• _ASSIGNED TASK_: Among the entries below, tally each line containing "several"; respond with the total only.

++++

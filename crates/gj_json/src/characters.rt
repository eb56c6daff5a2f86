//! Characters of a string that are whole at the start of a piece (RFC 8259, section 7; RFC 3629, section 4).

ghost use Rattle.std.specs.Prelude.{◌≡◌, ◌≤◌, ◌<◌, ◌-◌, is_some, true, length, take, get_or};
ghost use Rattle.gj_json.specs.Bytes.{backslash};
ghost use Rattle.gj_json.specs.Characters.{escape_of, hex_of};
ghost use Rattle.gj_json.specs.Runs.{IsLongestUtf8, plain_run_of};
ghost use Rattle.gj_json.specs.Internal.WholeTokens.{IsCharacter, AreCharacters};

use crate::lanes::{Ascii, LANES, plain_run, run};
use crate::wide::{begins_wide, end_of_wide, is_tail};

/// How many bytes the character has that the piece starts with, in UTF-8 of several bytes, or 0.
#[inline(never)]
fn wide_character(piece: &[u8]) -> usize
    ensures within { result ≤ length piece.now }
    ensures several { 0 < result → 2 ≤ result }
    ensures last { 0 < result → get_or piece.now (result - 1) 0 ≤ 0xBF }
    ensures character { 0 < result → IsCharacter (take result piece.now) }
{
    if piece.len() < 4 {
        return 0;
    }
    let first = piece[0];
    let second = piece[1];
    if second < 0x80 || second > 0xBF || first < 0xC2 {
        return 0;
    }
    if first <= 0xDF {
        return 2;
    }
    if piece[2] < 0x80 || piece[2] > 0xBF {
        return 0;
    }
    if first <= 0xEF {
        return if first == 0xE0 {
            if second >= 0xA0 { 3 } else { 0 }
        } else if first == 0xED {
            if second <= 0x9F { 3 } else { 0 }
        } else {
            3
        };
    }
    if piece[3] < 0x80 || piece[3] > 0xBF || first > 0xF4 {
        return 0;
    }
    if first == 0xF0 {
        if second >= 0x90 { 4 } else { 0 }
    } else if first == 0xF4 {
        if second <= 0x8F { 4 } else { 0 }
    } else {
        4
    }
}

/// What a byte may be in an escape: 1 for a hexadecimal digit, 2 for what makes an escape of two bytes, 3 for both.
static IN_ESCAPES: [u8; 256] = [
    0, 0, 0, 0, 0, 0, 0, 0, 0, 0, 0, 0, 0, 0, 0, 0, 0, 0, 0, 0, 0, 0, 0, 0, 0, 0, 0, 0, 0, 0, 0, 0,
    0, 0, 2, 0, 0, 0, 0, 0, 0, 0, 0, 0, 0, 0, 0, 2, 1, 1, 1, 1, 1, 1, 1, 1, 1, 1, 0, 0, 0, 0, 0, 0,
    0, 1, 1, 1, 1, 1, 1, 0, 0, 0, 0, 0, 0, 0, 0, 0, 0, 0, 0, 0, 0, 0, 0, 0, 0, 0, 0, 0, 2, 0, 0, 0,
    0, 1, 3, 1, 1, 1, 3, 0, 0, 0, 0, 0, 0, 0, 2, 0, 0, 0, 2, 0, 2, 0, 0, 0, 0, 0, 0, 0, 0, 0, 0, 0,
    0, 0, 0, 0, 0, 0, 0, 0, 0, 0, 0, 0, 0, 0, 0, 0, 0, 0, 0, 0, 0, 0, 0, 0, 0, 0, 0, 0, 0, 0, 0, 0,
    0, 0, 0, 0, 0, 0, 0, 0, 0, 0, 0, 0, 0, 0, 0, 0, 0, 0, 0, 0, 0, 0, 0, 0, 0, 0, 0, 0, 0, 0, 0, 0,
    0, 0, 0, 0, 0, 0, 0, 0, 0, 0, 0, 0, 0, 0, 0, 0, 0, 0, 0, 0, 0, 0, 0, 0, 0, 0, 0, 0, 0, 0, 0, 0,
    0, 0, 0, 0, 0, 0, 0, 0, 0, 0, 0, 0, 0, 0, 0, 0, 0, 0, 0, 0, 0, 0, 0, 0, 0, 0, 0, 0, 0, 0, 0, 0,
];

#[inline(always)]
fn is_hexadecimal(byte: u8) -> bool
    ensures { result ≡ is_some (hex_of byte) }
{
    IN_ESCAPES[byte as usize] % 2 == 1
}

/// Whether these are hexadecimal digits: all are looked at together, since mostly they are.
#[inline(always)]
fn are_hexadecimal(first: u8, second: u8, third: u8, fourth: u8) -> bool
    ensures first { result ≡ true → is_some (hex_of first) ≡ true }
    ensures second { result ≡ true → is_some (hex_of second) ≡ true }
    ensures third { result ≡ true → is_some (hex_of third) ≡ true }
    ensures fourth { result ≡ true → is_some (hex_of fourth) ≡ true }
{
    is_hexadecimal(first) & is_hexadecimal(second) & is_hexadecimal(third) & is_hexadecimal(fourth)
}

/// Whether the byte after a backslash makes an escape of two bytes.
#[inline(always)]
fn is_short(byte: u8) -> bool
    ensures { result ≡ is_some (escape_of byte) }
{
    IN_ESCAPES[byte as usize] >= 2
}

/// How many bytes the escape has that the piece starts with, or 0.
#[inline(always)]
fn escape(piece: &[u8]) -> usize
    requires some { 6 ≤ length piece.now }
    requires begins { get_or piece.now 0 0 ≡ backslash }
    ensures within { result ≤ length piece.now }
    ensures character { 0 < result → IsCharacter (take result piece.now) }
{
    if piece[1] != b'u' {
        return if is_short(piece[1]) { 2 } else { 0 };
    }
    if are_hexadecimal(piece[2], piece[3], piece[4], piece[5]) {
        6
    } else {
        0
    }
}

/// How many bytes the escapes have that the piece starts with, as long as six bytes are left of it.
#[inline(always)]
fn escapes_run(piece: &[u8]) -> usize
    ensures within { result ≤ length piece.now }
    ensures characters { AreCharacters (take result piece.now) }
{
    if piece.len() < 6 {
        return 0;
    }
    let last = piece.len() - 6;
    let mut at = 0;
    while at <= last && piece[at] == b'\\' {
        let count = escape(&piece[at..]);
        if count == 0 {
            return at;
        }
        at += count;
    }
    at
}

/// How many bytes the characters have that are whole at the start of the piece, unescaped, the first of several bytes. A
/// last one that the piece ends soon after may be left out.
#[inline(always)]
fn wide_run(piece: &[u8]) -> usize
    ensures within { result ≤ length piece.now }
    ensures characters { AreCharacters (take result piece.now) }
{
    if piece.len() <= LANES + 1 || !begins_wide(piece) {
        return wide_character(piece);
    }
    let end = end_of_wide(piece);
    if !is_tail(piece[end]) {
        end
    } else if !is_tail(piece[end - 1]) {
        end - 1
    } else {
        end - 2
    }
}

/// How many bytes the whole characters have that stand at the start of the piece, each unescaped.
pub fn whole_characters(piece: &[u8]) -> usize
    ensures { IsLongestUtf8 (take (plain_run_of piece.now) piece.now) result }
{
    let count = plain_run(piece);
    match simdutf8::compat::from_utf8(&piece[..count]) {
        Ok(_) => count,
        Err(fault) => fault.valid_up_to(),
    }
}

/// How many bytes are looked at together with the end of the run, before the rest of it is left to `simdutf8`.
const NEAR: usize = 256;

/// How many of them may be left out at the end, where the run goes on.
const LEFT_OUT: usize = 18;

/// As `wide_run`, of the first `NEAR` bytes.
#[inline(always)]
fn near_run(piece: &[u8]) -> usize
    requires { 256 < length piece.now }
    ensures within { result ≤ length piece.now }
    ensures characters { AreCharacters (take result piece.now) }
{
    wide_run(&piece[..NEAR])
}

/// As `wide_run`, of a run of any length. `simdutf8` checks a long one from its 240th byte on or so, and from the second of two
/// characters in a row of which that has four bytes. It asks for a pass that says where the run ends, which costs more than a
/// short run by itself.
#[inline(always)]
fn unescaped_run(piece: &[u8]) -> usize
    ensures within { result ≤ length piece.now }
    ensures characters { AreCharacters (take result piece.now) }
{
    if piece.len() <= NEAR {
        return wide_run(piece);
    }
    let near = near_run(piece);
    if near + LEFT_OUT < NEAR && piece[near] < 0xF0 {
        return near;
    }
    near + whole_characters(&piece[near..])
}

/// How many bytes some characters have that are whole at the start of the piece, or 0.
#[inline(always)]
fn some_characters(piece: &[u8]) -> usize
    requires some { 0 < length piece.now }
    ensures within { result ≤ length piece.now }
    ensures characters { AreCharacters (take result piece.now) }
{
    if piece[0] == b'\\' {
        let escaped = escapes_run(piece);
        escaped + run::<Ascii>(&piece[escaped..])
    } else if piece[0] == b'"' {
        0
    } else if piece[0] < 0x80 {
        run::<Ascii>(piece)
    } else {
        unescaped_run(piece)
    }
}

/// How many bytes the characters have that are whole at the start of the piece. A last one that the piece ends soon after may
/// be left out.
#[inline(never)]
pub fn characters_run(piece: &[u8]) -> usize
    ensures within { result ≤ length piece.now }
    ensures characters { AreCharacters (take result piece.now) }
{
    let mut at = 0;
    while at < piece.len() {
        let count = some_characters(&piece[at..]);
        if count == 0 {
            return at;
        }
        at += count;
    }
    at
}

++++

• _SOLUTION TO THIS PROBLEM_: 3